The contribution of diffusion to the termination of penicillin-induced convulsive activity in the awake rat.

1. Experiments were performed to investigate the contribution of diffusion to the termination of PCN induced convulsive (epileptiform) activity in the awake rat. The basic question was whether convulsive activity terminates at the same critical concentration Ct of PCN independently of the concentration Co of PCN injected into the superficial layer of the foreleg field of the right motor cortex. Different concentrations Co were used, the lowest being 16 IU PCN/0.5 microliters saline, the largest 1000 IU PCN/0.5 microliters saline. The convulsive activity was recorded by means of the electroencephalogram (EEG). 2. Mathematical calculations concerning the diffusion of the substances were performed by using the diffusion equation with a PCN diffusion coefficient D = 3.52 x 10(-4) mm2/s and the tortuosity factor lambda = 1.62. 3. The lowest dose of PCN used was considered as a threshold dose for acute induction of convulsive activity because only 4 out of 9 rats treated with 16 IU PCN developed epileptiform activity.
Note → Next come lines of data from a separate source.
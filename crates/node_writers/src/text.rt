// A node line of text.
ghost use Rattle.codes.specs.Lent.{borrowed};
ghost use Rattle.std.specs.Prelude.{◌∷◌};
ghost use Rattle.writers.specs.Decimal.{decimal, edge_text};
ghost use Rattle.writers.specs.Written.{FitsOut, Written};
ghost use Rattle.node_lines.specs.Line.{terminal, inner};
ghost use Rattle.node_writers.specs.Encoded.{text_bytes};

use edges::{Edge, Index};

// Writes the terminal's line.
#[tactic(auto, unfolding(crate::specs::Encoded::text_bytes, writers::specs::Words::spaced))]
pub fn put_terminal(out: &mut [u8], at: usize, n: Index) -> usize
    requires { FitsOut out.old at (text_bytes n terminal) }
    ensures { Written (borrowed out) at (text_bytes n terminal) result }
{
    let next = writers::text::put_decimal(out, at, n as u64);
    writers::text::put_bytes(out, next, b" T 0 0\n")
}

// Writes a number after a space.
fn put_number(out: &mut [u8], at: usize, n: u16) -> usize
    requires { FitsOut out.old at (0x20 ∷ decimal n) }
    ensures { Written (borrowed out) at (0x20 ∷ decimal n) result }
{
    let next = writers::text::put_byte(out, at, b' ');
    writers::text::put_decimal(out, next, n as u64)
}

// Writes an edge after a space.
fn put_edge(out: &mut [u8], at: usize, e: Edge) -> usize
    requires { FitsOut out.old at (0x20 ∷ edge_text e) }
    ensures { Written (borrowed out) at (0x20 ∷ edge_text e) result }
{
    let next = writers::text::put_byte(out, at, b' ');
    writers::text::put_edge(out, next, e)
}

// Writes a line of a support position and two children.
#[tactic(auto, unfolding(crate::specs::Encoded::text_bytes, writers::specs::Words::spaced))]
pub fn put_inner(out: &mut [u8], at: usize, n: Index, p: u16, t: Edge, e: Edge) -> usize
    requires { FitsOut out.old at (text_bytes n (inner p t e)) }
    ensures { Written (borrowed out) at (text_bytes n (inner p t e)) result }
{
    let variable = writers::text::put_decimal(out, at, n as u64);
    let then = put_number(out, variable, p);
    let els = put_edge(out, then, t);
    let end = put_edge(out, els, e);
    writers::text::put_byte(out, end, b'\n')
}
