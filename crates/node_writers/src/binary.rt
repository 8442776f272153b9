// A node line in binary.
ghost use Rattle.codes.specs.Lent.{borrowed};
ghost use Rattle.std.specs.Prelude.{◌≡◌, false, ◌-◌, ◌<◌, nat_abs};
ghost use Rattle.codes.specs.declared.Code.TheVariants.{Terminal};
ghost use Rattle.writers.specs.Binary.{escaped};
ghost use Rattle.writers.specs.Written.{FitsOut, Written};
ghost use Rattle.node_writers.specs.Encoded.{code_bits, code_byte, number_for, child_code, smaller, variable_code, inner_bytes};

use codes::Code;
use edges::{Edge, Index};

fn code_bits(code: Code) -> u8
    ensures value { result ≡ code_bits code }
    ensures upper_bound { result < 4 }
{
    code as u8
}

fn node_code(variable: Code, then: Code, complement: bool, els: Code) -> u8
    ensures { result ≡ code_byte variable then complement els }
{
    let codes = code_bits(variable) * 32 + code_bits(then) * 8 + code_bits(els);
    if complement { codes + 4 } else { codes }
}

// The code of a child of line n.
#[tactic(auto, unfolding(crate::specs::Encoded::child_code))]
fn child_code(n: Index, c: Index) -> Code
    requires { c < n }
    ensures { result ≡ child_code n c }
{
    if c == 1 {
        return Code::Terminal;
    }
    if n - c == 1 {
        return Code::Relative1;
    }
    if n - c < c {
        return Code::RelativeID;
    }
    Code::AbsoluteID
}

// The smaller seat of two children, of which 0 is a terminal's; 0 over two terminals.
pub fn smaller(t: u16, e: u16) -> u16
    ensures { result ≡ smaller t e }
{
    if t == 0 {
        return e;
    }
    if e == 0 {
        return t;
    }
    t.min(e)
}

// How far a support position lies before that of a seat; 0 where it doesn't.
fn distance(p: u16, seat: u16) -> u16
    ensures { result ≡ seat - 1 - p }
{
    seat.saturating_sub(1).saturating_sub(p)
}

// The code of a variable at support position p, by the seat that it may count down from.
#[tactic(auto, unfolding(crate::specs::Encoded::variable_code))]
fn variable_code(p: u16, seat: u16) -> Code
    ensures { result ≡ variable_code p seat }
{
    if seat == 0 {
        return Code::AbsoluteID;
    }
    let d = distance(p, seat);
    if d == 1 {
        return Code::Relative1;
    }
    if d < p {
        return Code::RelativeID;
    }
    Code::AbsoluteID
}

// Writes the number that follows a code.
fn put_number(out: &mut [u8], at: usize, code: Code, absolute: u64, distance: u64) -> usize
    requires { FitsOut out.old at (number_for code absolute distance) }
    ensures { Written (borrowed out) at (number_for code absolute distance) result }
{
    match code {
        Code::Terminal | Code::Relative1 => at,
        Code::AbsoluteID => writers::binary::encode_7bit(out, at, absolute),
        Code::RelativeID => writers::binary::encode_7bit(out, at, distance),
    }
}

// Writes the terminal's line.
pub fn put_terminal(out: &mut [u8], at: usize) -> usize
    requires { FitsOut out.old at (escaped (code_byte Terminal Terminal false Terminal)) }
    ensures { Written (borrowed out) at (escaped (code_byte Terminal Terminal false Terminal)) result }
{
    let code = node_code(Code::Terminal, Code::Terminal, false, Code::Terminal);
    writers::binary::write_escaped(out, at, code)
}

// Writes a line of a support position and two children, by the seat that its variable may count down from.
pub fn put_inner(out: &mut [u8], at: usize, n: Index, p: u16, t: Edge, e: Edge, seat: u16) -> usize
    requires t_bound { (nat_abs t < n) × (nat_abs e < n) }
    requires fits_out { FitsOut out.old at (inner_bytes n p t e seat) }
    ensures { Written (borrowed out) at (inner_bytes n p t e seat) result }
{
    let then = edges::magnitude(t);
    let els = edges::magnitude(e);
    let variable_by = variable_code(p, seat);
    let then_by = child_code(n, then);
    let else_by = child_code(n, els);
    let code = node_code(variable_by, then_by, edges::is_minus(e), else_by);
    let variable_at = writers::binary::write_escaped(out, at, code);
    let then_at = put_number(
        out,
        variable_at,
        variable_by,
        p as u64,
        distance(p, seat) as u64,
    );
    let else_at = put_number(out, then_at, then_by, then as u64, (n - then) as u64);
    put_number(out, else_at, else_by, els as u64, (n - els) as u64)
}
For the range of doses between 16 and 32 IU, the median frequency of convulsive potentials was dose-dependent, and increased from 7.9 to 13.8 pot./min, respectively. For higher doses covering the range between 63 and 1000 IU, there was only an insignificant increase from 19.2 to 22.7 pot./min, respectively. 4. The median period of convulsive activity increased significantly (p less than 0.05 or less than 0.01) and monotonically from 19.5 min in rats treated with 16 IU PCN to 267 min after treatment with 1000 IU PCN. 5. At the end of the convulsive activity, the median critical concentration Ct within the artificial focus ranged from 1.75 to 1.31 IU/0.5 microliters saline in rats treated with 16 to 125 IU PCN, while after induction of convulsive activity with doses of 250, 500 or 1000 IU PCN, Ct gradually increased to 2.01, 2.83, and 3.75 IU/0.5 microliters, respectively. This means that the brain became less sensitive for PCN the longer the epileptiform activity lasted. 6. It is concluded that during long-lasting convulsive activity, the brain takes advantage of its plastic properties by eliciting counteracting mechanisms. These self-protective factors may utilize neuronal networks which needs some time to become effective in the control of the cortical activity.